Furthermore, if Ni is less than 5%, the notch toughness of the weld metal is poor.

From this, the Ni component range was determined to be 5 to 9%.

Next, for C, when 3.8% is added, cracks occur in the weld metal, and when 0.7% is added, the tensile strength is 88 kg/mr.
If it is less than ft2, the strength will be insufficient.

From this, the range of Cr content was determined to be 1 to 3%.

Next, regarding Mo, when 2.0% is added, cracks occur in the weld metal, and when 0.2% is added, the tensile strength of the weld metal is 88%.
If it is less than kg/mu2, the strength is insufficient.

From this, the Mo component range was determined to be 0.5 to 1.5%.

Next, the present invention will be explained in more detail with reference to Examples.

Table 2 of Examples shows the results of investigating the strength and fragility of weld metal using a coated arc welding rod in which a 4x400 mm mild steel core wire was coated with the coating material of the present invention.

The steel plate used in the window type restraint test to investigate the fragility was 90 kg/xi class high tensile strength steel with the chemical composition shown in Table 3.

(1) Symbol S1 is an example of a conventional welding rod with a tensile strength of 100 kg/mm2 class, and the Mo content in the coating material is out of the range of the present invention, resulting in poor durability.

(2) Symbol T1 is a welding rod in which Mn and Ni are outside the scope of the present invention and has poor resistance to fragility.

(3) Symbols T2 to T6 are welding rods within the scope of the present invention, and 88 to
It has a tensile strength of 100 kg/rntn2 and good resistance to wear.

(4) Symbol T7 is a welding rod with Mn outside the range of the present invention and has poor durability.

(5) Symbol T8 is a welding rod in which Mn and Ni are outside the range of the present invention, and the strength of the weld metal is low.

(6) Symbol T9 is a welding rod in which Ni and Cr are outside the scope of the present invention and has poor resistance to fragility.

(7) Symbol TIO is a welding rod in which Ni and Cr are outside the scope of the present invention, and the strength of the weld metal is low.

(8) Symbol Tll is a welding rod in which Mn and Cr are outside the range of the present invention and has poor durability.

(9) Symbol T12 is a welding rod in which Mo is outside the scope of the present invention and has poor durability.

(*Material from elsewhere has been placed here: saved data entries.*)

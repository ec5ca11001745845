ghost use Rattle.std.specs.Prelude.{◌≡◌, ℕ, ◌+◌, ◌≤◌, List, Some, length, if◌then◌else◌};
ghost use Rattle.vc_base.specs.Prelude.{HasBytes};
ghost use Rattle.vc_dtdisc.specs.Finds.{has_key, object_at};
ghost use Rattle.vc_dtlist.specs.Linked.{IsIn, StandsFor};
ghost use Rattle.vc_dtord.specs.Seeking.{SeeksLast, matches};
ghost use Rattle.vc_dict.specs.Stands.{Became, IsMember, Stands, compares_by};

use crate::Dict;
use crate::form::Form;
use vc_base::{Addr, Cells, Steps};
use vc_dtdisc::DictDisc;
use vc_dtlist::DtList;

// The second of two holders where its object has that key, and else the first, by one compare.
fn if_match<C: Cells, D: DictDisc, L>(
    cells: &C,
    kind: &D,
    last: Addr,
    at: Addr,
    key: &[u8],
    steps: &mut Steps<L>,
) -> Addr
    requires { HasBytes (C.blocks cells.now) at.0 32 }
    ensures value { result.0
        ≡ (if has_key (D.rules kind.now) (C.blocks cells.now) key.now at.0 then at.0
        else last.0) }
    ensures step { steps.new ≡ steps.old + 1 }
{
    if kind.compare(kind.key(cells.body(at)), key, steps).is_eq() {
        at
    } else {
        last
    }
}

// The last holder of a list, of at most so many, whose object matches that of one of it: that one, or one behind it. It
// makes one compare for each holder behind it.
fn last_in_list<C: Cells, D: DictDisc, L>(
    list: &DtList,
    count: u64,
    cells: &C,
    kind: &D,
    at: Addr,
    steps: &mut Steps<L>,
) -> Addr
    requires within { IsIn list.now (C.blocks cells.now) at.0 }
    requires count { (holders : List ℕ) → StandsFor list.now (C.blocks cells.now) holders
        → length holders ≤ count }
    ensures { (holders : List ℕ) → StandsFor list.now (C.blocks cells.now) holders
        → SeeksLast (matches (D.rules kind.now) (C.blocks cells.now) at.0) holders (Some result)
        steps.old steps.new }
{
    let key = kind.key(cells.body(at));
    let mut last = at;
    let mut next = list.next(cells, at);
    for _passed in 0..count {
        let Some(other) = next else {
            return last;
        };
        last = if_match(cells, kind, last, other, key, steps);
        next = list.next(cells, other);
    }
    last
}

impl Dict {
    /// The last holder whose object matches that of a holder of the dictionary: that one itself, where no other behind it
    /// does. A set or bag makes at most as many compares as there are holders whose hash belongs to the key's slot, any
    /// other at most as many as there are holders. It isn't made current. This project's own.
    pub fn last_like<C: Cells, D: DictDisc, L>(
        &mut self,
        cells: &mut C,
        kind: &D,
        at: Addr,
        steps: &mut Steps<L>,
    ) -> Addr
        requires { IsMember (D.rules kind.now) self.old (C.blocks cells.old) at.0 }
        ensures found { (holders : List ℕ)
            → Stands (D.rules kind.now) self.old (C.blocks cells.old) holders
            → SeeksLast (matches (D.rules kind.now) (C.blocks cells.old) at.0) holders
            (Some result) steps.old steps.new }
        ensures compares { (holders : List ℕ)
            → Stands (D.rules kind.now) self.old (C.blocks cells.old) holders
            → steps.new ≤ steps.old
            + compares_by (D.rules kind.now) self.old (C.blocks cells.old)
            ((D.rules kind.now).key (object_at (C.blocks cells.old) at.0)) holders }
        ensures dict { (holders : List ℕ)
            → Stands (D.rules kind.now) self.old (C.blocks cells.old) holders
            → Became (D.rules kind.now) holders self.old (C.blocks cells.old) self.new
            (C.blocks cells.new) holders self.old.current.0 }
        ensures rest { C.RestStays cells.old cells.new }
    {
        let count = self.count;
        match &mut self.heads {
            Form::Hash(hash) => hash.last_like(cells, kind, at, steps),
            Form::Order(ord) => ord.last_like(cells, kind, at, steps),
            Form::Links(list) => last_in_list(list, count, cells, kind, at, steps),
        }
    }
}
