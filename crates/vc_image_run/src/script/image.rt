ghost use Rattle.std.specs.Prelude.{◌≡◌, ◌≤◌, IfErr, IfOk, IsSome, length, map};
ghost use Rattle.vc_image.specs.Save.{image_in};
ghost use Rattle.vc_image_check.specs.Dicts.Whole.{IsSoundImage};
ghost use Rattle.vc_image_run.specs.Script.Found.{IsFirstImage, IsUnsaved, WhyNone};
ghost use Rattle.vc_region.specs.OfBest.{best_in};

use crate::script::ScriptFault;
use crate::script::copies::copies_in;
use std::alloc::Global;
use vc_base::MemSink;
use vc_dict::Dict;
use vc_dtdisc::DictDisc;
use vc_image::save;
use vc_image_check::unsound_part;
use vc_region::Region;
use vc_seg::{BoxedDisc, SegDisc};
use vc_session::Session;

// The most bytes that stand before the segments' bytes in an image.
const HEAD_BYTES: usize = 17_420;

// An image that is sound for some kinds.
fn judged<D: DictDisc>(
    alloc: Global,
    image: MemSink,
    kinds: &Vec<D>,
) -> Result<MemSink, ScriptFault>
    ensures same { IfOk result (λ judged. judged ≡ image) }
    ensures sound { IfOk result (λ judged. IsSoundImage (map D.rules kinds.now.items) image.written) }
    ensures err { IfErr result (IsUnsaved (map D.rules kinds.now.items) image.written) }
{
    match unsound_part(alloc, image.bytes(), kinds) {
        Ok(None) => Ok(image),
        Ok(Some(part)) => Err(ScriptFault::Unsound(part)),
        Err(_) => Err(ScriptFault::Memory),
    }
}

// The image of a best region with dictionaries, which is sound for some kinds.
fn image_of_region<D: DictDisc>(
    alloc: Global,
    region: &Region,
    dicts: &[Dict],
    kinds: &Vec<D>,
) -> Result<MemSink, ScriptFault>
    requires best { IsSome (best_in region.now) }
    requires few { length dicts.now ≤ 256 }
    ensures image { IfOk result (λ image. image.written ≡ image_in region.now dicts.now) }
    ensures sound { IfOk result (λ image. IsSoundImage (map D.rules kinds.now.items) image.written) }
    ensures err { IfErr result (IsUnsaved (map D.rules kinds.now.items)
        (image_in region.now dicts.now)) }
{
    let room = (region.stat().extent as usize).saturating_add(HEAD_BYTES);
    let mut image = MemSink::new(alloc, room, usize::MAX, Vec::new(alloc))?;
    match save(alloc, region, dicts, kinds, &mut image) {
        Ok(_) => judged(alloc, image, kinds),
        Err(_) => Err(ScriptFault::Memory),
    }
}

// The image of the first open region of a session with the dictionaries that lie in it.
pub(crate) fn image_of_session<D: DictDisc>(
    alloc: Global,
    session: &Session<D>,
    kinds: &Vec<D>,
) -> Result<MemSink, ScriptFault>
    requires few { length session.now.dicts.entries ≤ 256 }
    ensures image { IfOk result (λ image. IsFirstImage session.now image.written) }
    ensures sound { IfOk result (λ image. IsSoundImage (map D.rules kinds.now.items) image.written) }
    ensures err { IfErr result (WhyNone (map D.rules kinds.now.items) session.now) }
{
    match session.homes.get_index(0) {
        Some((name, home)) => match home.region.as_best() {
            Some(_) => {
                let dicts = copies_in(alloc, session, name)?;
                image_of_region(alloc, &home.region, dicts.as_slice(), kinds)
            }
            None => Err(ScriptFault::WrongMethod),
        },
        None => Err(ScriptFault::NoRegion),
    }
}
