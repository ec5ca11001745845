use crate::script::ScriptFault;
use crate::session::OpenFault;

/// Why no image is made of what a script leaves that is run over an image. This project's own.
#[derive(Clone, Copy, Debug, PartialEq, Eq)]
pub enum OverFault {
    /// The image wasn't opened, and nothing was run.
    Open(OpenFault),
    /// The script was run over it.
    Script(ScriptFault),
}
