ghost use Rattle.std.specs.Borrow.{sem};
ghost use Rattle.std.specs.Prelude.{◌≡◌, ◌<◌, [], ◌∷◌, ◌++◌, IfErr, OnErr, OnOk, Some, length, slice_get};

use crate::Dict;
use std::alloc::Global;
use std::marker::Model;
use vc_base::OutOfMemory;

/// Dictionaries by number, from 0 on, in the order in which they were added. This project's own.
#[derive(Debug, Drop)]
pub struct Dicts {
    dicts: Vec<Dict>,
}

impl Model for Dicts {
    ghost use Rattle.std.specs.Prelude.{List};
    ghost use Rattle.vc_dict.specs.declared.dict.Dict.{Dict};

    ghost Value = { List Dict };

    ghost view = { λ d. d.dicts.items };
}

impl Dicts {
    ghost use Rattle.vc_dict.specs.Dicts.{LendsDict};

    /// No dictionaries. Takes no memory.
    pub fn new(alloc: Global) -> Dicts
        ensures { result ≡ [] }
    {
        Dicts {
            dicts: Vec::new(alloc),
        }
    }

    /// Puts a dictionary behind the others. Refused for want of memory alone: it is given back, and nothing changes.
    pub fn add(&mut self, dict: Dict) -> Result<(), (OutOfMemory, Dict)>
        ensures ok { OnOk result (self.new ≡ self.old ++ dict ∷ []) }
        ensures err { OnErr result (self.new ≡ self.old) }
        ensures back { IfErr result (λ fault. fault.1 ≡ dict) }
    {
        match self.dicts.push(dict) {
            Ok(()) => Ok(()),
            Err(refused) => Err((OutOfMemory, refused.value)),
        }
    }

    /// The dictionaries, in order. Takes no memory.
    pub fn as_slice(&self) -> &[Dict]
        ensures { result.now ≡ self.now }
    {
        self.dicts.as_slice()
    }

    /// The dictionary of that number, to work on. There are more than so many.
    pub fn dict_mut(&mut self, i: u32) -> &mut Dict
        requires { i < length self.old }
        ensures dict { slice_get self.old i ≡ Some result.now }
        ensures* writes_back { sem 𝓛 (LendsDict self.entry i result) }
    {
        &mut self.dicts[i as usize]
    }
}
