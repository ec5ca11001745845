ghost use Rattle.std.specs.Prelude.{◌≡◌, ℕ, ◌+◌, ◌≤◌, List, [], ◌∷◌, None, length};
ghost use Rattle.std.specs.Option.{option_map};
ghost use Rattle.vc_base.specs.Prelude.{Blocks, first_in, last_in, next_in, previous_in, without};
ghost use Rattle.vc_dtdisc.specs.Rules.{Rules};
ghost use Rattle.vc_dtlist.specs.Linked.{Finds, number_of};
ghost use Rattle.vc_dtlist.specs.TableWrites.{ChangesIn};
ghost use Rattle.vc_dthash.specs.Hashed.{Listed};
ghost use Rattle.vc_dthash.specs.Slots.{wanted_slots};
ghost use Rattle.vc_dict.specs.Changes.{order_by_link};
ghost use Rattle.vc_dict.specs.Stands.{AreHeads, CanJoin, HasHolder, HeadsFor, HeadsTurned, IsForm, IsHeads, heads_compares, slots_at, table_at};

use crate::flat::flatten;
use crate::heads::Heads;
use crate::places::put_linked;
use vc_base::{Addr, Cells, DictMethod, Steps};
use vc_dtdisc::DictDisc;
use vc_dthash::DtHash;
use vc_dtlist::DtList;
use vc_dtord::DtOrd;

/// The heads of a dictionary in the form that its method has. This project's own.
#[derive(Clone, Copy, Debug)]
pub enum Form {
    /// Of a set or bag.
    Hash(DtHash),
    /// Of an ordered set or bag.
    Order(DtOrd),
    /// Of a list, stack or queue.
    Links(DtList),
}

impl Form {
    ghost use Rattle.vc_dict.specs.Parts.{form_by, heads_at};

    // Those of a method and no holders.
    pub(crate) fn new(method: DictMethod) -> Form
        ensures form { IsForm method result }
        ensures stands { (rules : Rules) (blocks : Blocks) → HeadsFor rules result blocks [] }
        ensures table { table_at result ≡ record { 0 = 0 } }
        ensures slots { slots_at result ≡ 0 }
    {
        if method.has_table() {
            Form::Hash(DtHash {
                first: Addr::NONE,
                last: Addr::NONE,
                table: Addr::NONE,
                slots: 0,
                count: 0,
            })
        } else if method.is_ordered() {
            Form::Order(DtOrd::new())
        } else {
            Form::Links(DtList::new())
        }
    }

    // That of a method and a count with those of these numbers that it has a use for.
    pub(crate) fn of(method: DictMethod, count: u64, heads: Heads) -> Form
        ensures { result ≡ form_by method count heads }
    {
        if method.has_table() {
            Form::Hash(DtHash {
                first: heads.first,
                last: heads.last,
                table: heads.table,
                slots: heads.slots,
                count,
            })
        } else if method.is_ordered() {
            Form::Order(DtOrd { root: heads.root })
        } else {
            Form::Links(DtList {
                first: heads.first,
                last: heads.last,
            })
        }
    }

    // Its numbers.
    pub(crate) fn heads(&self) -> Heads
        ensures { result ≡ heads_at self.now }
    {
        match self {
            Form::Hash(hash) => Heads {
                first: hash.first,
                last: hash.last,
                table: hash.table,
                root: Addr::NONE,
                slots: hash.slots,
            },
            Form::Order(ord) => Heads {
                first: Addr::NONE,
                last: Addr::NONE,
                table: Addr::NONE,
                root: ord.root,
                slots: 0,
            },
            Form::Links(list) => Heads {
                first: list.first,
                last: list.last,
                table: Addr::NONE,
                root: Addr::NONE,
                slots: 0,
            },
        }
    }

    // The table of a set or bag, or none.
    pub(crate) fn table(&self) -> Addr
        ensures { result ≡ table_at self.now }
    {
        match self {
            Form::Hash(hash) => hash.table(),
            _ => Addr::NONE,
        }
    }

    // How many slots it has.
    pub(crate) fn slots(&self) -> u32
        ensures { result ≡ slots_at self.now }
    {
        match self {
            Form::Hash(hash) => hash.slots(),
            _ => 0,
        }
    }

    // The slots that a table is to have before so many more holders come, where there are so many.
    pub(crate) fn wants_table(&self, count: u64, more: u64) -> Option<u32>
        ensures { result ≡ wanted_slots (slots_at self.now) count more }
    {
        let hash = DtHash {
            first: Addr::NONE,
            last: Addr::NONE,
            table: Addr::NONE,
            slots: self.slots(),
            count,
        };
        hash.wants_table(more)
    }

    // Puts a holder where `insert` or `append` of a method does, whose form this is.
    pub(crate) fn link<C: Cells, D: DictDisc, L>(
        &mut self,
        cells: &mut C,
        kind: &D,
        method: DictMethod,
        current: Addr,
        at: Addr,
        append: bool,
        steps: &mut Steps<L>,
    )
        requires { CanJoin (D.rules kind.now) method self.old (C.blocks cells.old) current.0 at.0 append }
        ensures heads { ChangesIn C.blocks C.RestStays cells.old cells.new
            (λ old new. (holders : List ℕ) → HeadsFor (D.rules kind.now) self.old old holders
            → HeadsTurned (D.rules kind.now) (at.0 ∷ holders) self.old old self.new new
            (order_by_link append method (D.rules kind.now) old current.0 at.0 holders)) }
        ensures steps { (holders : List ℕ)
            → HeadsFor (D.rules kind.now) self.old (C.blocks cells.old) holders
            → steps.new ≤ steps.old + length holders }
    {
        match self {
            Form::Hash(hash) => hash.link(cells, kind, at),
            Form::Order(ord) => ord.link(cells, kind, at, steps),
            Form::Links(list) => put_linked(list, cells, append, method, current, at),
        }
    }

    // The first holder whose object has a key, for a caller that unlinks it or not. A search in a tree turns it.
    pub(crate) fn find<C: Cells, D: DictDisc, L>(
        &mut self,
        cells: &mut C,
        kind: &D,
        key: &[u8],
        unlinks: bool,
        steps: &mut Steps<L>,
    ) -> Option<Addr>
        requires { IsHeads (D.rules kind.now) self.old (C.blocks cells.old) }
        ensures found { (holders : List ℕ)
            → HeadsFor (D.rules kind.now) self.old (C.blocks cells.old) holders
            → Finds (D.rules kind.now) (C.blocks cells.old) key.now holders result
            steps.old steps.new }
        ensures compares { (holders : List ℕ)
            → HeadsFor (D.rules kind.now) self.old (C.blocks cells.old) holders
            → steps.new ≤ steps.old
            + heads_compares (D.rules kind.now) self.old (C.blocks cells.old) key.now holders }
        ensures heads { ChangesIn C.blocks C.RestStays cells.old cells.new
            (λ old new. (holders : List ℕ) → HeadsFor (D.rules kind.now) self.old old holders
            → HeadsTurned (D.rules kind.now) holders self.old old self.new new holders) }
    {
        match self {
            Form::Hash(hash) => hash.find(cells, kind, key, steps),
            Form::Order(ord) => ord.find(cells, kind, key, unlinks, steps),
            Form::Links(list) => list.find(cells, kind, key, steps),
        }
    }

    // Takes a holder out.
    pub(crate) fn unlink<C: Cells, D: DictDisc>(&mut self, cells: &mut C, kind: &D, at: Addr)
        requires { HasHolder self.old (C.blocks cells.old) at.0 }
        ensures { ChangesIn C.blocks C.RestStays cells.old cells.new
            (λ old new. (holders : List ℕ) → HeadsFor (D.rules kind.now) self.old old holders
            → HeadsTurned (D.rules kind.now) (at.0 ∷ holders) self.old old self.new new
            (without at.0 holders)) }
    {
        match self {
            Form::Hash(hash) => hash.unlink(cells, kind, at),
            Form::Order(ord) => ord.unlink(cells, at),
            Form::Links(list) => list.unlink(cells, at),
        }
    }

    // The first holder, or none where there are none.
    pub(crate) fn first<C: Cells>(&self, cells: &C) -> Option<Addr>
        requires { (rules : Rules) × IsHeads rules self.now (C.blocks cells.now) }
        ensures { (rules : Rules) (holders : List ℕ)
            → HeadsFor rules self.now (C.blocks cells.now) holders
            → option_map number_of result ≡ first_in holders }
    {
        match self {
            Form::Hash(hash) => hash.first(),
            Form::Order(ord) => ord.first(cells),
            Form::Links(list) => list.first(),
        }
    }

    // The last holder, or none where there are none.
    pub(crate) fn last<C: Cells>(&self, cells: &C) -> Option<Addr>
        requires { (rules : Rules) × IsHeads rules self.now (C.blocks cells.now) }
        ensures { (rules : Rules) (holders : List ℕ)
            → HeadsFor rules self.now (C.blocks cells.now) holders
            → option_map number_of result ≡ last_in holders }
    {
        match self {
            Form::Hash(hash) => hash.last(),
            Form::Order(ord) => ord.last(cells),
            Form::Links(list) => list.last(),
        }
    }

    // The holder behind one, or none behind the last.
    pub(crate) fn next<C: Cells>(&self, cells: &C, at: Addr) -> Option<Addr>
        requires { HasHolder self.now (C.blocks cells.now) at.0 }
        ensures { (rules : Rules) (holders : List ℕ)
            → HeadsFor rules self.now (C.blocks cells.now) holders
            → option_map number_of result ≡ next_in at.0 holders }
    {
        match self {
            Form::Hash(hash) => hash.next(cells, at),
            Form::Order(ord) => ord.next(cells, at),
            Form::Links(list) => list.next(cells, at),
        }
    }

    // The holder before one, or none before the first.
    pub(crate) fn prev<C: Cells>(&self, cells: &C, at: Addr) -> Option<Addr>
        requires { HasHolder self.now (C.blocks cells.now) at.0 }
        ensures { (rules : Rules) (holders : List ℕ)
            → HeadsFor rules self.now (C.blocks cells.now) holders
            → option_map number_of result ≡ previous_in None at.0 holders }
    {
        match self {
            Form::Hash(hash) => hash.prev(cells, at),
            Form::Order(ord) => ord.prev(cells, at),
            Form::Links(list) => list.prev(cells, at),
        }
    }

    // Their holders, of which there are so many, as a list.
    pub(crate) fn into_list<C: Cells>(self, count: u64, cells: &mut C) -> DtList
        requires { AreHeads self (C.blocks cells.old) count }
        ensures { ChangesIn C.blocks C.RestStays cells.old cells.new
            (λ old new. (rules : Rules) (holders : List ℕ) → HeadsFor rules self old holders
            → Listed holders old result new) }
    {
        match self {
            Form::Hash(hash) => hash.into_list(cells),
            Form::Order(ord) => flatten(ord, count, cells),
            Form::Links(list) => list,
        }
    }
}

00) Symbol T13 is a welding rod in which Mn, Ni, Cr, and Mo are outside the range of the present invention and has poor resistance to fragility.

As is clear from the above results, when the welding rod of the present invention is used, a weld metal having high strength of 88 to 100 kg/mw2 and good fracture resistance can be obtained.

[Brief explanation of drawings]

Figure 1 is a front view of an example of a window-type restraint plate for testing;
B side view and FIG. 2 respectively show the groove shapes used in the test.

Claims (1)

[Claims] 1 CaCO340-60%, CaF210-25%,
Mn 2-5%, Ni 6-9%, Cr 1-3%,
A low-hydrogen-based coated arc welding rod for high-strength steel, which is made by coating a mild steel core wire with a coating agent containing 0.5 to 1.5% Mo, the remainder a deoxidizing agent, an arc stabilizer, etc.